MICHEL MARTIN, HOST:
You might think it would be fairly easy for an internationally-recognized press freedom group to have access to the United Nations. But when China and Russia are among the gatekeepers, that mission can get complicated. This past week, those two countries and eight others on a key U.N. panel voted against giving formal accreditation to the Committee to Protect Journalists. NPR's Michele Kelemen reports.
MICHELE KELEMEN, BYLINE: The Committee to Protect Journalists describes it as a bureaucratic nightmare straight out of a Kafka novel. The group's advocacy director, Courtney Radsch, says CPJ applied in 2012 for credentials to the U.N. and every six months had to answer the same old questions - mostly about the group's finances, none of which, she says, comes from governments.
COURTNEY RADSCH: No matter how many times we wrote this, put this in our documentation or said this - because our executive director went there to answer questions - they just don't seem to believe it. And they seem to, you know, want to paint us as a U.S. lackey or paint our research as completely false and baseless.
KELEMEN: Radsch says the Committee to Protect Journalists takes a hard look at all countries, including the U.S., and its reports are well researched.
RADSCH: We have documented all these journalists in prison. And then for the countries that are the worst for journalists to just get up there and denigrate our work was - it was disappointing and upsetting.

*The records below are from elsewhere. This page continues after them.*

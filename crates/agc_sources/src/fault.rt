//! Why there are no source lines.
use std::alloc::AllocError;
use std::fmt;

/// The words of a bank.
const BANK_SIZE: u32 = 0o2000;

/// The first place at which a listing and a rope have different words of fifteen bits.
#[derive(Clone, Copy, Debug, PartialEq, Eq)]
pub struct Apart {
    /// 2000 octal times the bank, plus the offset.
    pub place: u32,
    pub listed: u16,
    pub in_rope: u16,
}

/// Why a file is no listing of the rope that runs.
#[derive(Clone, Copy, Debug, PartialEq, Eq)]
pub enum SourceLinesFault {
    /// The listing cannot be opened or read, or has more than 16,777,216 bytes.
    CannotRead,
    /// A line, counted from 1, is not as `weave --write-listing` writes it.
    Line(usize),
    /// A line, counted from 1, has a place that a line before it has.
    Again(usize),
    /// No line has a place and a word.
    Empty,
    /// The listing has another word than the rope.
    OtherRope(Apart),
    /// Out of memory.
    Memory,
}

impl From<AllocError> for SourceLinesFault {
    fn from(_: AllocError) -> SourceLinesFault {
        SourceLinesFault::Memory
    }
}

impl fmt::Display for SourceLinesFault {
    fn fmt<W: fmt::Write>(&self, out: &mut fmt::Formatter<W>) -> fmt::Result {
        match *self {
            SourceLinesFault::CannotRead => out.write_str("cannot read listing"),
            SourceLinesFault::Line(number) => {
                write!(
                    out,
                    "listing: line {number} is not as weave --write-listing writes it"
                )
            }
            SourceLinesFault::Again(number) => {
                write!(
                    out,
                    "listing: line {number} has the place of an earlier line once more"
                )
            }
            SourceLinesFault::Empty => out.write_str("listing: no line has a place and a word"),
            SourceLinesFault::OtherRope(
                Apart {
                    place,
                    listed,
                    in_rope,
                },
            ) => {
                let (bank, address) = (
                    place / BANK_SIZE,
                    window_of(place).saturating_add(place % BANK_SIZE),
                );
                write!(
                    out,
                    "listing: it is not of this rope: at {bank:02o},{address:04o} it has {listed:05o}, and the rope {in_rope:05o}"
                )
            }
            SourceLinesFault::Memory => out.write_str("memory"),
        }
    }
}

/// Returns the address at which listings show the first word of a place's bank.
fn window_of(place: u32) -> u32 {
    match place / BANK_SIZE {
        2 => 0o4000,
        3 => 0o6000,
        _ => 0o2000,
    }
}
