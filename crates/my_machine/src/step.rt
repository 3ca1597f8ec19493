//! What a step of a call does.

use my_reading::{Answer, Error};

/// What a call returns.
#[derive(Drop)]
pub enum Ending {
    Answered(Answer),
    Failed(Error),
}

/// Where a call stops.
#[derive(Drop)]
pub enum Stop {
    /// Bytes are to be sent.
    Owes,
    /// More bytes are awaited.
    Awaits,
    /// It returns this.
    Returns(Ending),
}

/// One step of a call.
#[derive(Drop)]
pub enum Step {
    /// It continues with the same part.
    Stays,
    /// It continues with the next part.
    Passes,
    /// The transaction couldn't be committed: it continues with its rollback.
    Reverts,
    Stops(Stop),
}
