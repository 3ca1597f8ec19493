//! What closes a connection.

ghost use Rattle.std.specs.Prelude.{◌≡◌};
ghost use Rattle.my_reading.specs.Calls.{is_connect, is_quit, is_unrefused};
ghost use Rattle.my_reading.specs.Endings.{awaits_head};
ghost use Rattle.my_reading.specs.Told.{closes, closes_by, closes_driver};
ghost use Rattle.my_machine.specs.Stops.{told_of};
ghost use Rattle.my_machine.specs.Closes.{closes_at};

use crate::step::Ending;
use my_grammar::Spot;
use my_reading::{Answer, CallKind, DriverError, Error};

/// Whether a call of this kind has nothing to do on a closed connection, which refuses each other one.
pub fn is_unrefused(kind: CallKind) -> bool
    ensures { result ≡ is_unrefused kind }
{
    match kind {
        CallKind::Quit | CallKind::ForgetTransaction => true,
        _ => false,
    }
}

/// Whether the call connects.
pub fn is_connect(kind: CallKind) -> bool
    ensures { result ≡ is_connect kind }
{
    match kind {
        CallKind::Connect => true,
        _ => false,
    }
}

/// Whether the call is a quit.
pub fn is_quit(kind: CallKind) -> bool
    ensures { result ≡ is_quit kind }
{
    match kind {
        CallKind::Quit => true,
        _ => false,
    }
}

// Whether the refusal closes a connection.
fn closes_driver(refusal: &DriverError) -> bool
    ensures { result ≡ closes_driver refusal.now }
{
    match refusal {
        DriverError::ConnectionClosed
        | DriverError::MixedParams
        | DriverError::NestedTransaction
        | DriverError::ReadOnlyTransNotSupported => false,
        _ => true,
    }
}

/// Whether a call of this kind that fails by this error closes the connection.
pub fn closes_by(error: &Error, kind: CallKind) -> bool
    ensures { result ≡ closes_by error.now kind }
{
    match error {
        Error::Driver(refusal) => closes_driver(refusal),
        Error::Server(_) => is_connect(kind),
        _ => true,
    }
}

/// Whether what a call of this kind returned closes the connection.
pub fn closes(ending: &Ending, kind: CallKind) -> bool
    ensures { result ≡ closes (told_of ending.now) kind }
{
    match ending {
        Ending::Answered(Answer::Ready) => is_quit(kind),
        Ending::Answered(_) => false,
        Ending::Failed(error) => closes_by(error, kind),
    }
}

fn awaits_head(spot: Spot) -> bool
    ensures { result ≡ awaits_head spot }
{
    match spot {
        Spot::Idle | Spot::Rows => false,
        _ => true,
    }
}

/// Whether cancelling a call of this kind closes the connection.
pub fn closes_at(kind: CallKind, spot: Spot) -> bool
    ensures { result ≡ closes_at kind spot }
{
    match kind {
        CallKind::NextRow | CallKind::DropResult | CallKind::TakeSet | CallKind::SkipTaken => {
            awaits_head(spot)
        }
        _ => true,
    }
}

KELEMEN: China, which she describes as the biggest jailer of journalists in the world, was among the 10 countries voting no, as were Russia, Venezuela, Pakistan, Cuba and Sudan. So too did Azerbaijan, just as Radsch and her colleagues were celebrating the release of a prominent Azeri journalist, Khadija Ismayilova.
RADSCH: I was standing in front of the White House at a rally for Khadija, welcoming her release and celebrating her 40th birthday party. Meanwhile, Azerbaijan is there trying to delegitimize us and voting no against our application.
KELEMEN: The Committee to Protect Journalists can still get invited to meetings at the U.N., but having accreditation is important both symbolically and in practice. Human Rights Watch got its credentials back in 1993, according to that group's deputy U.N. director, Akshaya Kumar.
AKSHAYA KUMAR: It really opens doors, and it makes it much easier for us to interact with the diplomats and the officials and the experts who work at the U.N.
KELEMEN: Kumar says Human Rights Watch still has to report periodically to the NGO committee, which puts her group through what she calls an obstacle course of questions. "Those in the application process now are often stuck in limbo," she says, adding, "the problem is the makeup of the U.N.'s NGO committee."
KUMAR: It's just disproportionately filled with states who don't have a good track record of human rights at home, and, additionally, has made it their mission to make it harder for groups to get access to the U.N. in New York.
KELEMEN: That's not lost on the U.S. ambassador to the U.N., Samantha Power.
(SOUNDBITE OF SPEECH)
SAMANTHA POWER: It is increasingly clear that the NGO committee acts more and more like anti-NGO committee.
KELEMEN: She plans to go above that committee to ask the U.N. Economic and Social Council to vote this summer to give credentials to the Committee to Protect Journalists. Power is expecting a lively debate on that.
(SOUNDBITE OF SPEECH)
POWER: The vote is important because countries have to decide which side are they on. Are the on the side of free expression and organizations that try to advance that cause, or are they hostile to Article 19?
KELEMEN: That's the section of the Universal Declaration of Human Rights, a founding document of the U.N., which calls for the freedom of the press. Michele Kelemen, NPR News, Washington.